During influenza A virus (IAV) infections, CD4+ T cell responses within infected lungs mainly involve T helper 1 (Th1) and regulatory T cells (Tregs). Th1-mediated responses favor the co-expression ...of T-box transcription factor 21 (T-bet) in Foxp3+ Tregs, enabling the efficient Treg control of Th1 responses in infected tissues. So far, the exact accumulation kinetics of T cell subsets in the lungs and lung-draining lymph nodes (dLN) of IAV-infected mice is incompletely understood, and the epigenetic signature of Tregs accumulating in infected lungs has not been investigated.

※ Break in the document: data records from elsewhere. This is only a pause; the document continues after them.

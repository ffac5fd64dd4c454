// Built-in functions.
ghost use Rattle.std.specs.Prelude.{◌≡◌, ◌∷◌, [], Ok, Err, IfOk, MatchOption, pos, codes, true};
ghost use Rattle.std.specs.List.{list_all, list_any};
ghost use Rattle.tx_base.specs.declared.class.Class.{Class};
ghost use Rattle.tx_values.specs.Equality.{truthy};
ghost use Rattle.tx_values.specs.declared.value.Value.{out-Value};
ghost use Rattle.tx_values.specs.declared.value.Value.TheVariants as value;
ghost use Rattle.tx_values.specs.declared.value.Value.TheOpen as v;
ghost use Rattle.tx_methods.specs.Calls.{is_fold};
ghost use Rattle.tx_methods.specs.Arguments.{only};
ghost use Rattle.tx_tree.specs.declared.function.Builtin.TheVariants as builtin;
ghost use Rattle.tx_methods.specs.Builtins.{abs_of, builtin_of, int_in, int_read, len_in, of_candidates, of_items, of_items_in, of_value, ord_in, str_in};

use crate::arguments::{a_number, only};
use crate::extremes::{greatest, least};
use crate::limits::items_fit;
use crate::sums::sum_of_items;
use crate::walks::iterate;
use std::alloc::Global;
use tx_base::Class;
use tx_num::{IntRead, neg, print_int, read_int};
use tx_text::{NoMemory, PyText};
use tx_tree::Builtin;
use tx_values::{Items, OpError, Value, copy, truthy};

/// A number of characters, items or pairs, or a place among them, as an integer.
pub(crate) fn natural(n: usize) -> Value
    ensures { result ≡ value.Int (pos n) }
{
    Value::Int(n as i128)
}

// `len(a)`.
fn len_of(a: &Value) -> Result<Value, OpError>
    ensures value { IfOk result (λ v. len_in (out-Value a.now) ≡ Ok v) }
    ensures raise { (c : Class) → result ≡ Err (OpError.Raise c) → len_in (out-Value a.now) ≡ Err c }
{
    match a {
        Value::Text(text) => Ok(natural(text.len())),
        Value::Tuple(items) => Ok(natural(items.len())),
        Value::List(items) => Ok(natural(items.len())),
        Value::Dict(pairs) => Ok(natural(pairs.len())),
        _ => Err(OpError::Raise(Class::TypeError)),
    }
}

// What a text gives as an integer.
fn int_read(read: IntRead) -> Result<Value, OpError>
    ensures value { IfOk result (λ v. int_read read ≡ Ok v) }
    ensures raise { (c : Class) → result ≡ Err (OpError.Raise c) → int_read read ≡ Err c }
{
    match read {
        IntRead::Value(n) => Ok(Value::Int(n)),
        IntRead::NotInt => Err(OpError::Raise(Class::ValueError)),
        IntRead::Past => Err(OpError::Raise(Class::OverflowError)),
        IntRead::OutOfProfile => Err(OpError::Raise(Class::ProfileError)),
    }
}

// `int(a)`.
fn int_of(a: &Value) -> Result<Value, OpError>
    ensures value { IfOk result (λ v. int_in (out-Value a.now) ≡ Ok v) }
    ensures raise { (c : Class) → result ≡ Err (OpError.Raise c) → int_in (out-Value a.now) ≡ Err c }
{
    match a {
        Value::Truth(b) => Ok(Value::Int(i128::from(*b))),
        Value::Int(n) => Ok(Value::Int(*n)),
        Value::Text(text) => int_read(read_int(text)),
        _ => Err(OpError::Raise(Class::TypeError)),
    }
}

// A word as a value.
fn none_word(alloc: Global) -> Result<Value, NoMemory>
    ensures { IfOk result (λ v. v ≡ value.Text (codes "None")) }
{
    Ok(Value::Text(PyText::from_str(alloc, "None")?))
}

fn true_word(alloc: Global) -> Result<Value, NoMemory>
    ensures { IfOk result (λ v. v ≡ value.Text (codes "True")) }
{
    Ok(Value::Text(PyText::from_str(alloc, "True")?))
}

fn false_word(alloc: Global) -> Result<Value, NoMemory>
    ensures { IfOk result (λ v. v ≡ value.Text (codes "False")) }
{
    Ok(Value::Text(PyText::from_str(alloc, "False")?))
}

// `str(a)`.
fn str_of(alloc: Global, a: &Value) -> Result<Value, OpError>
    ensures value { IfOk result (λ v. str_in (out-Value a.now) ≡ Ok v) }
    ensures raise { (c : Class) → result ≡ Err (OpError.Raise c) → str_in (out-Value a.now) ≡ Err c }
{
    match a {
        Value::Nil => Ok(none_word(alloc)?),
        Value::Truth(true) => Ok(true_word(alloc)?),
        Value::Truth(false) => Ok(false_word(alloc)?),
        Value::Int(n) => Ok(Value::Text(print_int(alloc, *n)?)),
        Value::Text(text) => Ok(Value::Text(text.slice(0, text.len())?)),
        _ => Err(OpError::Raise(Class::ProfileError)),
    }
}

// `abs(a)`.
fn abs_of(a: &Value) -> Result<Value, OpError>
    ensures value { IfOk result (λ v. abs_of a.now ≡ Ok v) }
    ensures raise { (c : Class) → result ≡ Err (OpError.Raise c) → abs_of a.now ≡ Err c }
{
    let n = a_number(a)?;
    let magnitude = if n < 0 { neg(n) } else { Some(n) };
    match magnitude {
        Some(n) => Ok(Value::Int(n)),
        None => Err(OpError::Raise(Class::OverflowError)),
    }
}

// `ord(a)`.
fn ord_of(a: &Value) -> Result<Value, OpError>
    ensures value { IfOk result (λ v. ord_in (out-Value a.now) ≡ Ok v) }
    ensures raise { (c : Class) → result ≡ Err (OpError.Raise c) → ord_in (out-Value a.now) ≡ Err c }
{
    let Value::Text(text) = a else {
        return Err(OpError::Raise(Class::TypeError));
    };
    match only_char(text) {
        Some(c) => Ok(natural(c as usize)),
        None => Err(OpError::Raise(Class::TypeError)),
    }
}

// The character of a text of one character.
fn only_char(text: &PyText) -> Option<char>
    ensures { MatchOption result (ord_in (v.Text text.now) ≡ Err Class.TypeError) (λ c. text.now ≡ c ∷ []) }
{
    if text.len() == 1 {
        text.char_at(0)
    } else {
        None
    }
}

// Whether some item counts as true.
fn is_some_true(items: &[Value]) -> bool
    ensures { result ≡ list_any truthy items.now }
{
    for item in items {
        if truthy(item) {
            return true;
        }
    }
    false
}

// Whether each item counts as true.
fn are_all_true(items: &[Value]) -> bool
    ensures { result ≡ list_all truthy items.now }
{
    for item in items {
        if !truthy(item) {
            return false;
        }
    }
    true
}

// What a function that folds items makes of them.
fn fold(alloc: Global, b: Builtin, items: &[Value]) -> Result<Value, OpError>
    requires { is_fold b ≡ true }
    ensures value { IfOk result (λ v. of_items b items.now ≡ Ok v) }
    ensures raise { (c : Class) → result ≡ Err (OpError.Raise c) → of_items b items.now ≡ Err c }
{
    match b {
        Builtin::Min => Ok(copy(alloc, least(items)?)?),
        Builtin::Max => Ok(copy(alloc, greatest(items)?)?),
        Builtin::Sum => sum_of_items(items),
        Builtin::Any => Ok(Value::Truth(is_some_true(items))),
        Builtin::All => Ok(Value::Truth(are_all_true(items))),
        _ => Err(OpError::Raise(Class::TypeError)),
    }
}

// The same over the items of a value. Those of a tuple or list are not copied for it.
fn fold_items(alloc: Global, b: Builtin, a: &Value) -> Result<Value, OpError>
    requires { is_fold b ≡ true }
    ensures value { IfOk result (λ v. of_items_in b a.now ≡ Ok v) }
    ensures raise { (c : Class) → result ≡ Err (OpError.Raise c) → of_items_in b a.now ≡ Err c }
{
    match a {
        Value::Tuple(items) => fold(alloc, b, items.as_slice()),
        Value::List(items) => fold(alloc, b, items.as_slice()),
        _ => {
            let items = iterate(alloc, a)?;
            fold(alloc, b, items.as_slice())
        }
    }
}

// The items of a value for a container of them, where that is within the limits.
fn items_within(alloc: Global, a: &Value) -> Result<Items, OpError>
    ensures list { IfOk result (λ items. of_items_in builtin.List a.now ≡ Ok (value.List items)) }
    ensures tuple { IfOk result (λ items. of_items_in builtin.Tuple a.now ≡ Ok (value.Tuple items)) }
    ensures raise_list { (c : Class) → result ≡ Err (OpError.Raise c) → of_items_in builtin.List a.now ≡ Err c }
    ensures raise_tuple { (c : Class) → result ≡ Err (OpError.Raise c) → of_items_in builtin.Tuple a.now ≡ Err c }
{
    if !items_fit(a) {
        return Err(OpError::Raise(Class::ProfileError));
    }
    iterate(alloc, a)
}

// A function of one argument.
fn of_value(alloc: Global, b: Builtin, a: &Value) -> Result<Value, OpError>
    ensures value { IfOk result (λ v. of_value b a.now ≡ Ok v) }
    ensures raise { (c : Class) → result ≡ Err (OpError.Raise c) → of_value b a.now ≡ Err c }
{
    match b {
        Builtin::Len => len_of(a),
        Builtin::Int => int_of(a),
        Builtin::Str => str_of(alloc, a),
        Builtin::Bool => Ok(Value::Truth(truthy(a))),
        Builtin::Abs => abs_of(a),
        Builtin::Ord => ord_of(a),
        Builtin::List => Ok(Value::List(items_within(alloc, a)?)),
        Builtin::Tuple => Ok(Value::Tuple(items_within(alloc, a)?)),
        Builtin::Min => fold_items(alloc, Builtin::Min, a),
        Builtin::Max => fold_items(alloc, Builtin::Max, a),
        Builtin::Sum => fold_items(alloc, Builtin::Sum, a),
        Builtin::Any => fold_items(alloc, Builtin::Any, a),
        Builtin::All => fold_items(alloc, Builtin::All, a),
    }
}

// `min` and `max`: of one argument the items, and of several these.
fn extreme(alloc: Global, b: Builtin, args: &[Value]) -> Result<Value, OpError>
    requires { is_fold b ≡ true }
    ensures value { IfOk result (λ v. of_candidates b args.now ≡ Ok v) }
    ensures raise { (c : Class) → result ≡ Err (OpError.Raise c) → of_candidates b args.now ≡ Err c }
{
    match args {
        [] => Err(OpError::Raise(Class::TypeError)),
        [a] => fold_items(alloc, b, a),
        _ => fold(alloc, b, args),
    }
}

/// What a built-in function gives (`docs/LANGUAGE.md`, "Functions and methods"): `max([1, True])` is 1. For a number of
/// arguments that it does not take that is TypeError.
pub fn builtin(alloc: Global, b: Builtin, args: &Items) -> Result<Value, OpError>
    ensures value { IfOk result (λ v. builtin_of b args.now ≡ Ok v) }
    ensures raise { (c : Class) → result ≡ Err (OpError.Raise c) → builtin_of b args.now ≡ Err c }
{
    let args = args.as_slice();
    match b {
        Builtin::Min => extreme(alloc, Builtin::Min, args),
        Builtin::Max => extreme(alloc, Builtin::Max, args),
        _ => of_value(alloc, b, only(args)?),
    }
}

/// The same of one argument, which is only looked at: `len(v)` copies nothing.
#[tactic(auto, using(crate::proofs::OneArgument::one_argument))]
pub fn builtin_of_one(alloc: Global, b: Builtin, a: &Value) -> Result<Value, OpError>
    ensures value { IfOk result (λ v. builtin_of b (a.now ∷ []) ≡ Ok v) }
    ensures raise { (c : Class) → result ≡ Err (OpError.Raise c) → builtin_of b (a.now ∷ []) ≡ Err c }
{
    of_value(alloc, b, a)
}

Here, we report that the total T cell and the two-step Treg accumulation in IAV-infected lungs is transient, whereas the change in the ratio of CD4+ to CD8+ T cells is more durable. Within lungs, the frequency of Tregs co-expressing T-bet is steadily, yet transiently, increasing with a peak at Day 7 post-infection. Interestingly, T-bet+ Tregs accumulating in IAV-infected lungs displayed a strongly demethylated Tbx21 locus, similarly as in T-bet+ conventional T cells, and a fully demethylated Treg-specific demethylated region (TSDR) within the Foxp3 locus. In summary, our data suggest that T-bet+ but not T-bet− Tregs are epigenetically stabilized during IAV-induced infection in the lung.